Srinivas Mridula Annaswamy, Pierce Linley R, Olson Mikayla C, Roberston Shelly J, Sturdevant Gail L, Best Sonja M, Orchard Robert C
Department of Immunology, University of Texas Southwestern Medical Center, Dallas, TX, USA.
Laboratory of Neurological Infections and Immunity, Rocky Mountain Laboratories, National Institute of Allergy and Infectious Diseases, National Institutes of Health, Hamilton MT, USA.
bioRxiv. 2024 Oct 17:2024.10.17.618898. doi: 10.1101/2024.10.17.618898.
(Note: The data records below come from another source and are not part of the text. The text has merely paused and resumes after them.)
// Whether each old row leads to the highest of its label.
ghost use Rattle.std.specs.Prelude.{◌≡◌, true, ◌<◌, ◌≤◌};
ghost use Rattle.rows.specs.Table.{each};
ghost use Rattle.store.specs.Area.{area_right};
ghost use Rattle.rules.specs.Bundle.{old_count, old_roll};
ghost use Rattle.maker.specs.Rolls as rolls;
ghost use Rattle.maker.specs.Lists as rule;
ghost use Rattle.gathering.specs.Old.{Given};

use crate::answers::leads_on;
use crate::early::is_early;
use bundle::{OldRolls, next_old, old_count};
use gathering::{highest, old_row, roll_at};
use maker::Highest;
use roll::{count_in, label_in};
use rows::LABEL;

// Whether each old roll's row of a label leads to the highest.
fn led_to(e: &[u8], store: &[u8], label: [u8; LABEL], top: Highest) -> bool
    requires { Given e.now × (area_right store.now ≡ true) × (top ≡ rolls.highest e.now label) }
    ensures { result ≡ rule.led e.now store.now label }
{
    for roll in OldRolls::of(e) {
        if !leads_on(store, label, old_row(roll, label), top) {
            return false;
        }
    }
    true
}

// The same for a label, where the labels of the first n rolls are led.
fn is_led(e: &[u8], store: &[u8], n: usize, label: [u8; LABEL]) -> bool
    requires { Given e.now × (area_right store.now ≡ true) × (n ≤ old_count e.now) × (each (rule.roll_led e.now store.now) n ≡ true) }
    ensures { result ≡ rule.led e.now store.now label }
{
    is_early(e, n, label) || led_to(e, store, label, highest(e, label))
}

// Whether each label of old roll n is led.
fn roll_led(e: &[u8], store: &[u8], n: usize, roll: &[u8]) -> bool
    requires { Given e.now × (area_right store.now ≡ true) × (n < old_count e.now) × (each (rule.roll_led e.now store.now) n ≡ true)
        × (roll.now ≡ old_roll e.now n) }
    ensures { result ≡ rule.roll_led e.now store.now n }
{
    for q in 0..count_in(roll) {
        if !is_led(e, store, n, label_in(roll, q)) {
            return false;
        }
    }
    true
}

// Whether each label of each old roll is led.
pub fn all_led(e: &[u8], store: &[u8]) -> bool
    requires { Given e.now × (area_right store.now ≡ true) }
    ensures { result ≡ rule.all_led e.now store.now }
{
    let mut at = 1;
    for i in 0..old_count(e) {
        if !roll_led(e, store, i, roll_at(e, at)) {
            return false;
        }
        at = next_old(e, at);
    }
    true
}
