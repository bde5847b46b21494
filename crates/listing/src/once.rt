// The one block of a label and a height: where the store answers and there is one alone, it is that block.
ghost use Rattle.std.specs.Prelude.{◌≡◌, true, false, ℕ, ◌+◌, ◌*◌, ◌≤◌, ◌<◌, length, IfSome, MatchOption};
ghost use Rattle.checks.specs.Check.{block_bytes};
ghost use Rattle.listing.specs.Leading.{has_both};

use cabinet::HEIGHT_PLACE;
use checks::BLOCK;
use octets::{is_same, number_at};
use rows::LABEL;

// Whether block i has a label and a height.
fn has_both(store: &[u8], i: usize, label: &[u8], height: u64) -> bool
    requires { block_bytes * i + block_bytes ≤ length store.now }
    ensures { result ≡ has_both store.now label.now height i }
{
    let from = BLOCK * i;
    number_at(store, from + HEIGHT_PLACE) == height && is_same(&store[from..from + LABEL], label)
}

// The first block from a place on that has a label and a height.
fn next_block(store: &[u8], label: &[u8], height: u64, from: usize, n: usize) -> Option<usize>
    requires { block_bytes * n ≤ length store.now }
    ensures { MatchOption result ((j : ℕ) → from ≤ j → j < n → has_both store.now label.now height j ≡ false)
        (λ i. (from ≤ i) × (i < n) × (has_both store.now label.now height i ≡ true)
        × ((j : ℕ) → from ≤ j → j < i → has_both store.now label.now height j ≡ false)) }
{
    (from..n).find(|i| has_both(store, *i, label, height))
}

// The only one of the first n blocks that has a label and a height; none where more than one has them.
pub fn only_block(store: &[u8], label: &[u8], height: u64, n: usize) -> Option<usize>
    requires { block_bytes * n ≤ length store.now }
    ensures { IfSome result (λ i. (i < n) × ((j : ℕ) → j < n → has_both store.now label.now height j ≡ true → j ≡ i)) }
{
    let first = next_block(store, label, height, 0, n)?;
    if next_block(store, label, height, first + 1, n).is_some() {
        return None;
    }
    Some(first)
}
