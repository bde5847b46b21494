// Whether an earlier roll has a label: what was seen of it there need not be seen again.
ghost use Rattle.std.specs.Prelude.{◌≡◌, true, ◌≤◌};
ghost use Rattle.octets.specs.Layouts.{holds};
ghost use Rattle.roll.specs.Roll.{roll_layout};
ghost use Rattle.rules.specs.Bundle.{old_count, old_roll};
ghost use Rattle.rules.specs.Derivation.{some};
ghost use Rattle.gathering.specs.Old.{Given};
ghost use Rattle.listing.specs.Leading.{has_label};

use bundle::next_old;
use gathering::{find_in, roll_at};
use rows::LABEL;

fn has_label(roll: &[u8], label: [u8; LABEL]) -> bool
    requires { holds roll_layout roll.now ≡ true }
    ensures { result ≡ has_label roll.now label }
{
    find_in(roll, label).is_ok()
}

// Whether one of the first n old rolls has a label.
pub fn is_early(e: &[u8], n: usize, label: [u8; LABEL]) -> bool
    requires { Given e.now × (n ≤ old_count e.now) }
    ensures { result ≡ some (λ i. has_label (old_roll e.now i) label) n }
{
    let mut at = 1;
    for _ in 0..n {
        if has_label(roll_at(e, at), label) {
            return true;
        }
        at = next_old(e, at);
    }
    false
}
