// Read, and Append and read.
ghost use Rattle.std.specs.Prelude.{◌≡◌, true, ◌+◌, ◌≤◌, length, IfOk};
ghost use Rattle.octets.specs.Strings.{put};
ghost use Rattle.rows.specs.Row.{row_holds};
ghost use Rattle.rows.specs.Search.{find};
ghost use Rattle.statement.specs.Kinds.{receipt_size, reading_size};
ghost use Rattle.statement.specs.Contents.{statement_written};
ghost use Rattle.rules.specs.Outcomes.{Lent, outcome, told, told_place};
ghost use Rattle.rules.specs.Rows.{receipt_of, row_number};
ghost use Rattle.rules.specs.Read.{read_kind, reading, appending_and_reading};

use appending::{check_append, enter};
use ledgers::{receipt, seek};
use octets::number_at;
use record::give;
use refusals::Refusal;
use rows::{height_at, tail_at};
use rules::{Done, Head};
use statement::{Kind, READING_SIZE, RECEIPT_SIZE};

// The bytes of the statements of Append and read.
pub const BOTH: usize = RECEIPT_SIZE + READING_SIZE;

// Kind 3 at a height, with the nonce as two numbers.
fn read_kind(height: u64, nonce: [u8; 16]) -> Kind
    ensures { result ≡ read_kind height nonce }
{
    Kind::Read {
        height,
        nonce_high: number_at(&nonce, 0),
        nonce_low: number_at(&nonce, 8),
    }
}

// The statement of a read is given.
fn show(head: Head, label: [u8; 16], tail: [u8; 32], height: u64, nonce: [u8; 16], area: &mut [u8])
    requires { (row_holds label tail height ≡ true) × (reading_size ≤ length area.old) }
    ensures area { area.new ≡ put area.old 0 (statement_written (receipt_of head (read_kind height nonce) label tail)) }
    ensures long { length (statement_written (receipt_of head (read_kind height nonce) label tail)) ≡ reading_size }
{
    give(receipt(head, read_kind(height, nonce), label, tail), area);
}

// A ledger's tail and height.
pub fn read(
    head: Head,
    table: &[u8],
    label: [u8; 16],
    nonce: [u8; 16],
    area: &mut [u8],
) -> Result<Done, Refusal>
    ensures { outcome (told head result) table.now area.new ≡ reading (record { head = head; table = table.now; area = area.old }) label nonce }
{
    let i = seek(head, table, label, area, READING_SIZE)?;
    show(
        head,
        label,
        tail_at(table, i),
        height_at(table, i),
        nonce,
        area,
    );
    Ok(Done {
        written: READING_SIZE,
        repeat: false,
        head,
    })
}

// A ledger's next entry, and its tail and height after it; the number of the row that has moved on.
pub fn append_and_read(
    head: Head,
    table: &mut [u8],
    label: [u8; 16],
    entry: [u8; 32],
    expected: u64,
    nonce: [u8; 16],
    area: &mut [u8],
) -> Result<usize, Refusal>
    ensures outcome { outcome (told_place head (receipt_size + reading_size) result) table.new area.new
        ≡ appending_and_reading (record { head = head; table = table.old; area = area.old }) label entry expected nonce }
    ensures place { IfOk result (λ i. i ≡ row_number (find head.count table.old label)) }
{
    let place = check_append(head, table, label, expected, area, BOTH)?;
    let row = enter(head, table, place, label, entry, area);
    show(
        head,
        label,
        row.tail,
        row.height,
        nonce,
        &mut area[RECEIPT_SIZE..],
    );
    Ok(place)
}
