// Read, and Append and read, over a head by value and a table as flat bytes.
#![tactic(auto)]

mod reading;

pub use reading::{BOTH, append_and_read, read};
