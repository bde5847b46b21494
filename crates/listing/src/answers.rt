// The digests that the store's read answers, and where they lead.
ghost use Rattle.std.specs.Prelude.{◌≡◌, true, ◌+◌, ◌*◌, ◌≤◌, length};
ghost use Rattle.octets.specs.Strings.{same};
ghost use Rattle.checks.specs.Check.{block_bytes};
ghost use Rattle.cabinet.specs.Block.{digest_in};
ghost use Rattle.store.specs.Area.{area_right, block_at};
ghost use Rattle.maker.specs.Lists.{answered, entry_digest};
ghost use Rattle.listing.specs.Leading.{leads_on};

use crate::once::only_block;
use cabinet::DIGEST_PLACE;
use checks::BLOCK;
use maker::Highest;
use octets::{array_at, is_same};
use rows::{DIGEST, LABEL, appended};
use store::first_answer;

// The entry digest of block i.
fn digest_at(store: &[u8], i: usize) -> [u8; DIGEST]
    requires { block_bytes * i + block_bytes ≤ length store.now }
    ensures { result ≡ digest_in (block_at store.now i) }
{
    array_at(store, BLOCK * i + DIGEST_PLACE)
}

// The digest that the store's read answers for a label and a height. A block is hashed only where several have both.
pub fn digest_for(store: &[u8], label: [u8; LABEL], height: u64) -> [u8; DIGEST]
    requires { (area_right store.now ≡ true) × (answered store.now label height ≡ true) }
    ensures { result ≡ entry_digest store.now label height }
{
    let blocks = store.len() / BLOCK;
    if let Some(only) = only_block(store, &label, height, blocks) {
        return digest_at(store, only);
    }
    digest_at(store, first_answer(store, &label, height, blocks).unwrap())
}

// Whether the store answers each height above a row up to the highest, and its digests lead to the highest tail.
pub fn leads_on(store: &[u8], label: [u8; LABEL], row: Highest, top: Highest) -> bool
    requires { (area_right store.now ≡ true) × (row.height ≤ top.height) }
    ensures { result ≡ leads_on store.now label row top }
{
    let blocks = store.len() / BLOCK;
    let mut tail = row.tail;
    for d in 0..top.height - row.height {
        let Some(i) = first_answer(store, &label, row.height + (d + 1), blocks) else {
            return false;
        };
        tail = appended(tail, digest_at(store, i));
    }
    is_same(&tail, &top.tail)
}
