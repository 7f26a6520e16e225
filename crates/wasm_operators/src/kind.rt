//! The kinds of arguments that stand behind an operator (Binary Format > Instructions).

ghost use Rattle.std.specs.Prelude.{◌≡◌};
ghost use Rattle.wasm_operators.specs.Pushing as pushing;
ghost use Rattle.wasm_operators.specs.Table as table;

/// What stands behind the number of an operator.
#[derive(Clone, Copy, Debug, PartialEq, Eq)]
pub enum Kind {
    /// Nothing: where an operator has fewer arguments than a row of the table holds.
    Nothing,
    /// The type of a block: 40, a value type, or the index of a type.
    Block,
    /// A count, and that many clauses of a `try_table`.
    Catches,
    /// A count, and that many labels.
    Labels,
    /// A label: how many open blocks stand between.
    Label,
    /// A count, and that many value types.
    Values,
    /// The index of a function.
    Function,
    /// The index of a type.
    Type,
    /// The index of a table.
    Table,
    /// The index of a memory.
    Memory,
    /// The index of a global.
    Global,
    /// The index of a tag.
    Tag,
    /// The index of an element segment.
    Element,
    /// The index of a data segment.
    Data,
    /// The index of a local.
    Local,
    /// An access to memory: flags, a memory where bit 40 of the flags is set, and an offset.
    Access,
    /// A heap type.
    Heap,
    /// A number of 32 bits.
    Number,
    /// A byte.
    Byte,
    /// Sixteen bytes.
    SixteenBytes,
    /// A signed number of 32 bits.
    S32,
    /// A signed number of 64 bits.
    S64,
    /// The four bytes of an f32.
    F32,
    /// The eight bytes of an f64.
    F64,
}

impl Kind {
    /// Whether it is one argument and never a list.
    #[inline]
    pub(crate) fn is_one(self) -> bool
        ensures { result ≡ pushing.is_one self }
    {
        !matches!(
            self,
            Kind::Nothing | Kind::Catches | Kind::Labels | Kind::Values | Kind::SixteenBytes
        )
    }

    /// Whether it is a number of 32 bits.
    #[inline]
    pub(crate) fn is_number(self) -> bool
        ensures { result ≡ pushing.is_number self }
    {
        matches!(
            self,
            Kind::Function
                | Kind::Type
                | Kind::Table
                | Kind::Memory
                | Kind::Global
                | Kind::Tag
                | Kind::Element
                | Kind::Data
                | Kind::Local
                | Kind::Label
                | Kind::Number
        )
    }

    /// Whether it is an argument.
    #[inline]
    pub(crate) fn is_argument(self) -> bool
        ensures { result ≡ table.is_argument self }
    {
        !matches!(self, Kind::Nothing)
    }
}
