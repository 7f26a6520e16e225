//! The laws of operators, as contracts.

ghost use Rattle.std.specs.Prelude.{◌≡◌, ℕ, List, ◌++◌, true};
ghost use Rattle.wasm_forms.specs.Grammar.{Is, HasOneReading};
ghost use Rattle.wasm_forms.specs.Number.{AreBytes};
ghost use Rattle.wasm_operators.specs.Forms.{operator};
ghost use Rattle.wasm_operators.specs.Operators.{Op};
ghost use Rattle.wasm_operators.specs.Spelling.{op_bytes};
ghost use Rattle.wasm_operators.specs.Standing.{OpStands, spells};

/// What is written for an operator that bytes spell is a text of the grammar with that value.
pub fn operator_spelling_stands()
    ensures { (o : Op) → OpStands o → spells o ≡ true → Is operator (op_bytes o) o }
{}

/// Two operators in front of equal bytes are the same, with the same bytes behind them.
pub fn one_operator()
    ensures { HasOneReading (Is operator) }
{}

/// An operator that bytes are a text of is one that bytes spell, and its numbers are in their ranges.
pub fn read_operators_stand()
    ensures { (bytes : List ℕ) (o : Op) → AreBytes bytes → Is operator bytes o → (spells o ≡ true)
        × OpStands o }
{}
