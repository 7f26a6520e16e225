//! Arguments that are no lists, read (Binary Format > Instructions).

ghost use Rattle.std.specs.Prelude.{◌≡◌, ◌∷◌, [], true};
ghost use Rattle.wasm_forms.specs.Reading.{Gives};
ghost use Rattle.wasm_forms.specs.Grammar.{at};
ghost use Rattle.wasm_operators.specs.Forms.{block_from, block_type, has_memory, access_from, access, arg_form};
ghost use Rattle.wasm_operators.specs.Pushing.{is_number, is_one};

use crate::kind::Kind;
use crate::operator::{RawArg, RawBlock};
use wasm_forms::{
    WireError, read_byte, read_f32, read_f64, read_heap_type, read_index_from, read_s32, read_s64,
    read_u32, read_u64, read_value_from,
};
use wasm_opcodes::types::EMPTY_BLOCK;

/// The type of a block that begins with the byte `first`.
#[tactic(auto, unfolding(crate::specs::Forms::block_from))]
fn read_block_from(first: u8, bytes: &[u8]) -> Result<(RawBlock, &[u8]), WireError>
    ensures { Gives (λ r. (r.0, r.1.now)) result (at (block_from first) bytes.now) }
{
    if first == EMPTY_BLOCK {
        return Ok((RawBlock::NoResult, bytes));
    }
    if EMPTY_BLOCK < first && first < 128 {
        let (value, rest) = read_value_from(first, bytes)?;
        return Ok((RawBlock::OneResult(value), rest));
    }
    let (index, rest) = read_index_from(first, bytes)?;
    Ok((RawBlock::OfType(index), rest))
}

/// The type of a block.
#[tactic(auto, unfolding(crate::specs::Forms::block_type))]
fn read_block_type(bytes: &[u8]) -> Result<(RawBlock, &[u8]), WireError>
    ensures { Gives (λ r. (r.0, r.1.now)) result (at block_type bytes.now) }
{
    let (first, rest) = read_byte(bytes)?;
    read_block_from(first, rest)
}

/// Whether a memory stands behind the flags of an access.
#[inline]
fn names_memory(flags: u32) -> bool
    ensures { result ≡ has_memory flags }
{
    flags / 64 % 2 == 1
}

/// What stands behind the flags of an access.
#[tactic(auto, unfolding(crate::specs::Forms::access_from))]
fn read_access_from(flags: u32, bytes: &[u8]) -> Result<(RawArg, &[u8]), WireError>
    ensures { Gives (λ r. (r.0, r.1.now)) result (at (access_from flags) bytes.now) }
{
    if !names_memory(flags) {
        let (offset, rest) = read_u64(bytes)?;
        let memory = 0;
        return Ok((
            RawArg::Access {
                flags,
                memory,
                offset,
            },
            rest,
        ));
    }
    let flags = flags - 64;
    let (memory, behind) = read_u32(bytes)?;
    let (offset, rest) = read_u64(behind)?;
    Ok((
        RawArg::Access {
            flags,
            memory,
            offset,
        },
        rest,
    ))
}

/// An access to memory.
#[tactic(auto, unfolding(crate::specs::Forms::access))]
fn read_access(bytes: &[u8]) -> Result<(RawArg, &[u8]), WireError>
    ensures { Gives (λ r. (r.0, r.1.now)) result (at access bytes.now) }
{
    let (flags, rest) = read_u32(bytes)?;
    read_access_from(flags, rest)
}

/// A number of 32 bits, as an argument.
macro_rules! number_as {
    ($argument:path, $bytes:expr) => {{
        let (number, rest) = read_u32($bytes)?;
        Ok(($argument(number), rest))
    }};
}

/// An argument of a kind that is a number of 32 bits.
#[tactic(auto, unfolding(crate::specs::Forms::arg_form))]
fn read_number(kind: Kind, bytes: &[u8]) -> Result<(RawArg, &[u8]), WireError>
    requires { is_number kind ≡ true }
    ensures { Gives (λ r. (r.0 ∷ [], r.1.now)) result (at (arg_form kind) bytes.now) }
{
    match kind {
        Kind::Function => number_as!(RawArg::Function, bytes),
        Kind::Type => number_as!(RawArg::Type, bytes),
        Kind::Table => number_as!(RawArg::Table, bytes),
        Kind::Memory => number_as!(RawArg::Memory, bytes),
        Kind::Global => number_as!(RawArg::Global, bytes),
        Kind::Tag => number_as!(RawArg::Tag, bytes),
        Kind::Element => number_as!(RawArg::Element, bytes),
        Kind::Data => number_as!(RawArg::Data, bytes),
        Kind::Local => number_as!(RawArg::Local, bytes),
        Kind::Label => number_as!(RawArg::Label, bytes),
        Kind::Number => number_as!(RawArg::Number, bytes),
        _ => unreachable!(),
    }
}

/// An argument of a kind that is one argument.
#[tactic(auto, unfolding(crate::specs::Forms::arg_form))]
pub(crate) fn read_one(kind: Kind, bytes: &[u8]) -> Result<(RawArg, &[u8]), WireError>
    requires { is_one kind ≡ true }
    ensures { Gives (λ r. (r.0 ∷ [], r.1.now)) result (at (arg_form kind) bytes.now) }
{
    if kind.is_number() {
        return read_number(kind, bytes);
    }
    match kind {
        Kind::Block => {
            let (block, rest) = read_block_type(bytes)?;
            Ok((RawArg::Block(block), rest))
        }
        Kind::Access => read_access(bytes),
        Kind::Heap => {
            let (heap, rest) = read_heap_type(bytes)?;
            Ok((RawArg::Heap(heap), rest))
        }
        Kind::Byte => {
            let (byte, rest) = read_byte(bytes)?;
            Ok((RawArg::Byte(byte), rest))
        }
        Kind::S32 => {
            let (value, rest) = read_s32(bytes)?;
            Ok((RawArg::S32(value), rest))
        }
        Kind::S64 => {
            let (value, rest) = read_s64(bytes)?;
            Ok((RawArg::S64(value), rest))
        }
        Kind::F32 => {
            let (bits, rest) = read_f32(bytes)?;
            Ok((RawArg::F32(bits), rest))
        }
        Kind::F64 => {
            let (bits, rest) = read_f64(bytes)?;
            Ok((RawArg::F64(bits), rest))
        }
        _ => unreachable!(),
    }
}
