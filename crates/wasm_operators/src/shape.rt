//! What stands behind operators as a whole (Binary Format > Instructions).

ghost use Rattle.std.specs.Prelude.{◌≡◌, ◌∷◌, [], option_map};
ghost use Rattle.wasm_operators.specs.Table.{listed};
ghost use Rattle.wasm_operators.specs.declared.kind.Kind.TheVariants.{Nothing};
ghost use Rattle.wasm_operators.specs.Shape.{kinds_of_shape};

use crate::kind::Kind;

/// The arguments that an operator has.
#[derive(Clone, Copy)]
pub(crate) enum Shape {
    /// There is no such operator.
    Free,
    /// No argument.
    Bare,
    /// The type of a block.
    Block,
    /// The type of a block, and catch clauses.
    Try,
    /// A tag.
    Tag,
    /// A label.
    Label,
    /// Labels, and a label.
    Labels,
    /// A function.
    Function,
    /// A type.
    Type,
    /// A type and a table.
    TypeTable,
    /// Value types.
    Values,
    /// A local.
    Local,
    /// A global.
    Global,
    /// A table.
    Table,
    /// Two tables.
    Tables,
    /// An element segment.
    Element,
    /// An element segment and a table.
    ElemTable,
    /// An access to memory.
    Access,
    /// An access to memory, and a lane.
    Lane,
    /// A memory.
    Memory,
    /// Two memories.
    Memories,
    /// A data segment.
    Data,
    /// A data segment and a memory.
    DataMemory,
    /// A signed number of 32 bits.
    S32,
    /// A signed number of 64 bits.
    S64,
    /// An f32.
    F32,
    /// An f64.
    F64,
    /// A heap type.
    Heap,
    /// Two types.
    Types,
    /// A type and a number.
    TypeNumber,
    /// A type and a data segment.
    TypeData,
    /// A type and an element segment.
    TypeElem,
    /// Flags, a label, and two heap types.
    Cast,
    /// A byte.
    Byte,
    /// Sixteen bytes.
    Sixteen,
}

impl Shape {
    /// The kinds of the arguments, in their order, and then `Nothing`; none where there is no operator.
    pub(crate) fn kinds(self) -> Option<[Kind; 4]>
        ensures { option_map listed result ≡ kinds_of_shape self }
    {
        let kinds = match self {
            Shape::Free => return None,
            Shape::Bare => one(Kind::Nothing),
            Shape::Block => one(Kind::Block),
            Shape::Try => two(Kind::Block, Kind::Catches),
            Shape::Tag => one(Kind::Tag),
            Shape::Label => one(Kind::Label),
            Shape::Labels => two(Kind::Labels, Kind::Label),
            Shape::Function => one(Kind::Function),
            Shape::Type => one(Kind::Type),
            Shape::TypeTable => two(Kind::Type, Kind::Table),
            Shape::Values => one(Kind::Values),
            Shape::Local => one(Kind::Local),
            Shape::Global => one(Kind::Global),
            Shape::Table => one(Kind::Table),
            Shape::Tables => two(Kind::Table, Kind::Table),
            Shape::Element => one(Kind::Element),
            Shape::ElemTable => two(Kind::Element, Kind::Table),
            Shape::Access => one(Kind::Access),
            Shape::Lane => two(Kind::Access, Kind::Byte),
            Shape::Memory => one(Kind::Memory),
            Shape::Memories => two(Kind::Memory, Kind::Memory),
            Shape::Data => one(Kind::Data),
            Shape::DataMemory => two(Kind::Data, Kind::Memory),
            Shape::S32 => one(Kind::S32),
            Shape::S64 => one(Kind::S64),
            Shape::F32 => one(Kind::F32),
            Shape::F64 => one(Kind::F64),
            Shape::Heap => one(Kind::Heap),
            Shape::Types => two(Kind::Type, Kind::Type),
            Shape::TypeNumber => two(Kind::Type, Kind::Number),
            Shape::TypeData => two(Kind::Type, Kind::Data),
            Shape::TypeElem => two(Kind::Type, Kind::Element),
            Shape::Cast => [Kind::Byte, Kind::Label, Kind::Heap, Kind::Heap],
            Shape::Byte => one(Kind::Byte),
            Shape::Sixteen => one(Kind::SixteenBytes),
        };
        Some(kinds)
    }
}

/// One kind.
#[inline]
fn one(kind: Kind) -> [Kind; 4]
    ensures { result ≡ kind ∷ Nothing ∷ Nothing ∷ Nothing ∷ [] }
{
    [kind, Kind::Nothing, Kind::Nothing, Kind::Nothing]
}

/// Two kinds.
#[inline]
fn two(first: Kind, second: Kind) -> [Kind; 4]
    ensures { result ≡ first ∷ second ∷ Nothing ∷ Nothing ∷ [] }
{
    [first, second, Kind::Nothing, Kind::Nothing]
}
Trim7 is an E3 ubiquitin ligase that was recently identified as a central regulator of host-viral interactions with both pro-viral and anti-viral activity in cell culture. As an inhibitor, Trim7 overexpression ubiquitinates viral proteins by recognizing C-terminal glutamines that are hallmarks of 3C-like protease cleavage events. Here we sought to determine the physiological impact of Trim7 in resolving murine norovirus (MNV) infection of mice as MNV is potently inhibited by Trim7 in vitro. Utilizing two independently derived Trim7 deficient mouse lines we found no changes in the viral burden or tissue distribution of MNV in both an acute and persistent model of infection. Additionally, no changes in cytokine responses were observed after acute MNV infection of Trim7-deficient mice. Furthermore, removal of potentially confounding innate immune responses such as STING and STAT1 did not reveal any role for Trim7 in regulating MNV replication. Taken together, our data fails to find a physiological role for Trim7 in regulating MNV infection outcomes in mice and serves as a caution for defining Trim7 as a broad acting antiviral.
Trim7是一种E3泛素连接酶,最近被确定为宿主与病毒相互作用的核心调节因子,在细胞培养中具有促病毒和抗病毒活性。作为一种抑制剂,Trim7的过表达通过识别C端谷氨酰胺来泛素化病毒蛋白,这些谷氨酰胺是3C样蛋白酶切割事件的标志。由于Trim7在体外能有效抑制小鼠诺如病毒(MNV),我们试图确定Trim7在解决小鼠MNV感染中的生理影响。利用两个独立衍生的Trim7缺陷小鼠品系,我们发现在急性和持续性感染模型中,MNV的病毒载量和组织分布均无变化。此外,Trim7缺陷小鼠急性感染MNV后,未观察到细胞因子反应的变化。此外,去除潜在的混杂先天免疫反应,如STING和STAT1,并未揭示Trim7在调节MNV复制中的任何作用。综上所述,我们的数据未能发现Trim7在调节小鼠MNV感染结果中的生理作用,并提醒人们不要将Trim7定义为一种广泛作用的抗病毒药物。